───── Dataset excerpts

//! The calls of one kind, copied out of what a command did.

ghost use Rattle.std.specs.Prelude.{◌≡◌, ◌++◌, filter, IfOk, OnOk};
ghost use Rattle.std.specs.List.{flat_map};
ghost use Rattle.shard_calls.specs.declared.answer.Answer.TheVariants as says;
ghost use Rattle.shard_calls.specs.Causes.{is_call, calls_of};
ghost use Rattle.spans.specs.Copies.{call_in};

use crate::calls::is_call;
use gtid_sets::GtidSet;
use shard_base::{Items, OutOfMemory};
use shard_calls::{Answer, Asked, Deed, Kind, Outcome, Stand, Why};
use std::alloc::Global;

/// The answer that a tablet lacks these.
fn copy_missing(missing: &GtidSet) -> Result<Answer, OutOfMemory>
    ensures { IfOk result (λ copy. copy ≡ says.NotCaughtUp missing.now) }
{
    let missing = missing.copy()?;
    Ok(Answer::NotCaughtUp { missing })
}

/// The answer that a tablet has these, which its source has not.
fn copy_extra(extra: &GtidSet) -> Result<Answer, OutOfMemory>
    ensures { IfOk result (λ copy. copy ≡ says.Errant extra.now) }
{
    let extra = extra.copy()?;
    Ok(Answer::Errant { extra })
}

fn copy_answer(answer: &Answer) -> Result<Answer, OutOfMemory>
    ensures { IfOk result (λ copy. copy ≡ answer.now) }
{
    match answer {
        Answer::Status {
            seen,
            promised,
            stand,
            newest,
            position,
        } => Ok(Answer::Status {
            seen: *seen,
            promised: *promised,
            stand: *stand,
            newest: *newest,
            position: position.copy()?,
        }),
        Answer::Stopped { newest, position } => Ok(Answer::Stopped {
            newest: *newest,
            position: position.copy()?,
        }),
        Answer::Demoted { newest, position } => Ok(Answer::Demoted {
            newest: *newest,
            position: position.copy()?,
        }),
        Answer::Promoted { position } => Ok(Answer::Promoted {
            position: position.copy()?,
        }),
        Answer::Joined => Ok(Answer::Joined),
        Answer::Feeding => Ok(Answer::Feeding),
        Answer::Holds => Ok(Answer::Holds),
        Answer::Told => Ok(Answer::Told),
        Answer::NotTold => Ok(Answer::NotTold),
        Answer::Kept { stand } => Ok(Answer::Kept { stand: *stand }),
        Answer::StaleTerm { seen } => Ok(Answer::StaleTerm { seen: *seen }),
        Answer::PromisedAhead { promised } => Ok(Answer::PromisedAhead {
            promised: *promised,
        }),
        Answer::NotCaughtUp { missing } => copy_missing(missing),
        Answer::Errant { extra } => copy_extra(extra),
        Answer::NotStanding { newest } => Ok(Answer::NotStanding { newest: *newest }),
    }
}

fn copy_outcome(outcome: &Outcome) -> Result<Outcome, OutOfMemory>
    ensures { IfOk result (λ copy. copy ≡ outcome.now) }
{
    match outcome {
        Outcome::Answered { answer } => {
            let answer = copy_answer(answer)?;
            Ok(Outcome::Answered { answer })
        }
        Outcome::GivenUp { why } => Ok(Outcome::GivenUp { why: *why }),
    }
}

fn copy_settled(outcome: &Option<Outcome>) -> Result<Option<Outcome>, OutOfMemory>
    ensures { IfOk result (λ copy. copy ≡ outcome.now) }
{
    match outcome {
        Some(outcome) => {
            let outcome = copy_outcome(outcome)?;
            Ok(Some(outcome))
        }
        None => Ok(None),
    }
}

fn copy_asked(asked: &Asked) -> Result<Asked, OutOfMemory>
    ensures { IfOk result (λ copy. copy ≡ asked.now) }
{
    let outcome = copy_settled(&asked.outcome)?;
    Ok(Asked {
        alias: asked.alias,
        kind: asked.kind,
        message: asked.message,
        term: asked.term,
        sent: asked.sent,
        arrived: asked.arrived,
        outcome,
    })
}

fn push_call(into: &mut Items<Deed>, kind: Kind, deed: &Deed) -> Result<(), OutOfMemory>
    ensures { OnOk result (into.new ≡ into.old ++ call_in kind deed.now) }
{
    let _stand: Option<&Stand> = None;
    let _why: Option<&Why> = None;
    if !is_call(kind, deed) {
        return Ok(());
    }
    let Deed::Asked { asked } = deed else {
        return Ok(());
    };
    let asked = copy_asked(asked)?;
    into.push(Deed::Asked { asked })
}

fn copied_calls(alloc: Global, kind: Kind, span: &[Deed]) -> Result<Items<Deed>, OutOfMemory>
    ensures { IfOk result (λ calls. calls ≡ flat_map (call_in kind) span.now) }
{
    let mut calls = Items::new(alloc);
    for deed in span {
        push_call(&mut calls, kind, deed)?;
    }
    Ok(calls)
}

/// The calls of one kind.
#[tactic(auto, using(crate::proofs::SpanLemmas::calls_are))]
pub fn calls_of(alloc: Global, kind: Kind, span: &[Deed]) -> Result<Items<Deed>, OutOfMemory>
    ensures { IfOk result (λ calls. calls ≡ calls_of kind span.now) }
{
    copied_calls(alloc, kind, span)
}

──────────

Assignment: Across the records above, count the lines holding "IfOk" and reply with that number alone.

Exercise answer: 9